ヘイ・ジュード 涙があなたをどう変えたの
目がヒリヒリ 涙があなたを冷えさせる
私があなたに贈れるものは少ないけど
あなたは私たちに歌ってくれる
いつもあなたと共にある歌を

ヘイ・ジュード あなたは知っている
口がヒリヒリする 石をかむような辛さを
あなたの口から きれいに聞こえる歌は
不幸の裏にある<真実>を教えてくれる

ねぇジュード あなたの人生を信じて
人生は私たちに傷と痛みを与える
時として 傷口に塩をぬり込み
棒が折れるほど叩いて
人生を操るけど 悲しまないで
 ブログ「もう一つのヘイ・ジュード(Hey Jude)/ビーバップ!ハイヒール」から 

 テレビ画面に映るプラハのバーツラフ広場を見ながら思いだしたことがある。
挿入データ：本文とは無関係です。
ghost use Rattle.std.specs.Prelude.{◌≡◌, ℕ};
ghost use Rattle.chip_blocks.specs.timers.Timers.{acting, counter as counter_of, is_running, is_flagged, idle, gate_set, gate_clear, zero_count, zeroed, flag_clear, count_at, counts_on, expired_between};

use crate::timers::run::Run;

/// A counter.
#[derive(Clone, Copy)]
pub enum Count {
    /// It stands still at a value.
    Still(u32),
    /// It was started. A one-shot counter that has reached its target stands there.
    Since(Run),
}

/// What ones written to a register of the block do to a channel.
#[derive(Clone, Copy)]
pub enum Act {
    /// `T.GATESET`
    Start,
    /// `T.GATECLR`
    Stop,
    /// `T.ZERO`
    Zero,
    /// `T.FLAGS`
    Clear,
}

/// A channel.
#[derive(Clone, Copy)]
pub struct Timer {
    /// `T<c>.TARGET`
    pub target: u32,
    /// `T<c>.PRE`
    pub prescaler: u32,
    /// The counter.
    pub count: Count,
    /// Whether a flag of earlier counting stands.
    pub kept: bool,
    /// An expiry after this time sets the flag.
    pub watched: u64,
}

impl Count {
    fn at(&self, now: u64) -> u32
        ensures { result ≡ count_at self.now now }
    {
        match self {
            Count::Still(value) => *value,
            Count::Since(run) => run.counter(now),
        }
    }

    fn goes_on(&self, now: u64) -> bool
        ensures { result ≡ counts_on self.now now }
    {
        match self {
            Count::Still(_) => false,
            Count::Since(run) => run.goes_on(now),
        }
    }

    fn expired(&self, after: u64, now: u64) -> bool
        ensures { result ≡ expired_between self.now after now }
    {
        match self {
            Count::Still(_) => false,
            Count::Since(run) => run.expiries(after) < run.expiries(now),
        }
    }

    fn zero(&self, now: u64) -> Count
        ensures { result ≡ zero_count self.now now }
    {
        match self {
            Count::Since(run) if run.goes_on(now) => Count::Since(run.again(now)),
            _ => Count::Still(0),
        }
    }
}

impl Timer {
    /// A channel as after a reset.
    pub fn new() -> Timer
        ensures { result ≡ idle }
    {
        Timer {
            target: 0,
            prescaler: 0,
            count: Count::Still(0),
            kept: false,
            watched: 0,
        }
    }

    /// The counter.
    pub fn counter(&self, now: u64) -> u32
        ensures { result ≡ counter_of self.now now }
    {
        self.count.at(now)
    }

    /// Its bit of `T.RUN`.
    pub fn running(&self, now: u64) -> bool
        ensures { result ≡ is_running self.now now }
    {
        self.count.goes_on(now)
    }

    /// Its bit of `T.FLAGS`.
    pub fn flagged(&self, now: u64) -> bool
        ensures { result ≡ is_flagged self.now now }
    {
        self.kept || self.count.expired(self.watched, now)
    }

    /// What a one written to its bit does.
    pub fn act(&mut self, act: Act, one_shot: bool, now: u64)
        ensures { self.new ≡ acting act one_shot now self.old }
    {
        match act {
            Act::Start => self.start(one_shot, now),
            Act::Stop => self.stop(now),
            Act::Zero => self.zero(now),
            Act::Clear => self.clear(now),
        }
    }

    /// Starts the counter from 0, unless its target or its prescaler is 0. The flag stays.
    fn start(&mut self, one_shot: bool, now: u64)
        ensures { self.new ≡ gate_set one_shot now self.old }
    {
        if self.target != 0 && self.prescaler != 0 {
            self.kept = self.flagged(now);
            self.watched = now;
            self.count = Count::Since(Run::new(now, self.target, self.prescaler, one_shot));
        }
    }

    /// Stops a running counter. Its value and the flag stay.
    fn stop(&mut self, now: u64)
        ensures { self.new ≡ gate_clear now self.old }
    {
        if self.running(now) {
            self.kept = self.flagged(now);
            self.count = Count::Still(self.counter(now));
        }
    }

    /// Makes the counter 0. A running one counts on, and the flag stays.
    fn zero(&mut self, now: u64)
        ensures { self.new ≡ zeroed now self.old }
    {
        self.kept = self.flagged(now);
        self.watched = now;
        self.count = self.count.zero(now);
    }

    /// Clears the flag.
    fn clear(&mut self, now: u64)
        ensures { self.new ≡ flag_clear now self.old }
    {
        self.kept = false;
        self.watched = now;
    }
}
国際会議のあいまに若い研究者や大学院生5、6人とバーツラフ広場をぶらぶらと歩いたとき、この広場をソ連軍の戦車が蹂躙した「プラハの春」の話をしたのだった。
 若い人には遠いことでも、1968年に22歳だった私には「プラハの春」は切実だったのである。1956年の「ハンガリー動乱」などとともにマルクス主義や共産主義国家について深刻に考え込まざるをえないような事件だった。
 バーツラフ広場を歩いてから4、5年後、大学院生から研究者になっていた一人が、私が話した「プラハの春」のことをずっと覚えていると語っていて、少し嬉しかったことも思い出した。
 そして、「もうひとつのヘイ・ジュード」を見た頃にちょうど読みかけていたのは、アルチュセールの『マルクスのために』 [1] のなかの「マルクス主義とヒューマニズム」という章だった。1968年以前に書かれたものだが、今になってみれば、じつに脳天気な共産主義国家ソ連についての言で、どんなふうに言葉を継いでいいのか分からなくなってしまう。
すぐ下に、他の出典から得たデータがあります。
ghost use Rattle.std.specs.Prelude.{◌≡◌, ◌<◌};
ghost use Rattle.chip_blocks.specs.timers.Run.{run_count, run_goes_on, run_expiries, restarted};

use std::marker::Model;

/// A counter under way: when it was started, with the target, the prescaler and the one-shot bit that stood
/// there. Neither the target nor the prescaler is 0.
#[derive(Clone, Copy)]
pub struct Run {
    start: u64,
    target: u32,
    prescaler: u32,
    one_shot: bool,
}

impl Model for Run {
    ghost use Rattle.std.specs.Prelude.{◌<◌, ◌^◌};
    ghost use Rattle.chip_blocks.specs.timers.Run as spec;

    ghost Value = { spec.Run };

    ghost view = { λ r. record { start = r.start; target = r.target; prescaler = r.prescaler; one_shot = r.one_shot } };

    ghost invariant = { λ r. (0 < r.target) × (r.target < 2 ^ 32) × (0 < r.prescaler) };

    ghost inverse = { λ r. record { start = r.start; target = r.target; prescaler = r.prescaler; one_shot = r.one_shot } };
}

impl Run {
    /// A counter that starts from 0.
    pub fn new(start: u64, target: u32, prescaler: u32, one_shot: bool) -> Run
        requires target { 0 < target }
        requires prescaler { 0 < prescaler }
        ensures { result ≡ record { start = start; target = target; prescaler = prescaler; one_shot = one_shot } }
    {
        Run {
            start,
            target,
            prescaler,
            one_shot,
        }
    }

    /// The counter.
    pub fn counter(&self, now: u64) -> u32
        ensures { result ≡ run_count self.now now }
    {
        let counts = now.saturating_sub(self.start) / u64::from(self.prescaler);
        let target = u64::from(self.target);
        if self.one_shot {
            counts.min(target) as u32
        } else {
            (counts % target) as u32
        }
    }

    /// Whether it counts on. A one-shot counter stops at its target.
    pub fn goes_on(&self, now: u64) -> bool
        ensures { result ≡ run_goes_on self.now now }
    {
        let counts = now.saturating_sub(self.start) / u64::from(self.prescaler);
        if self.one_shot {
            counts < u64::from(self.target)
        } else {
            true
        }
    }

    /// How many expiries came not after a time.
    pub fn expiries(&self, time: u64) -> u64
        ensures { result ≡ run_expiries self.now time }
    {
        let period = u64::from(self.target) * u64::from(self.prescaler);
        let expired = time.saturating_sub(self.start) / period;
        if self.one_shot {
            expired.min(1)
        } else {
            expired
        }
    }

    /// The same counter, started from 0 anew.
    pub fn again(&self, now: u64) -> Run
        ensures { result ≡ restarted self.now now }
    {
        Run {
            start: now,
            target: self.target,
            prescaler: self.prescaler,
            one_shot: self.one_shot,
        }
    }
}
……この〔社会主義ヒューマニズムの〕願いにもとづいてわれわれは、暗闇から光明へ、非人間的なものから人間的なものへ移りつつある。現にソ連邦が入っている共産主義は、経済的な搾取のない、暴力のない、差別のない世界であり、――ソ連邦の人びとに、進歩、科学、文化、食料と自由、自由な発展、こうしたものの洋々たる前途をきり開く世界であり――暗闇もなく、葛藤もなくなるような世界である。 (p. 423)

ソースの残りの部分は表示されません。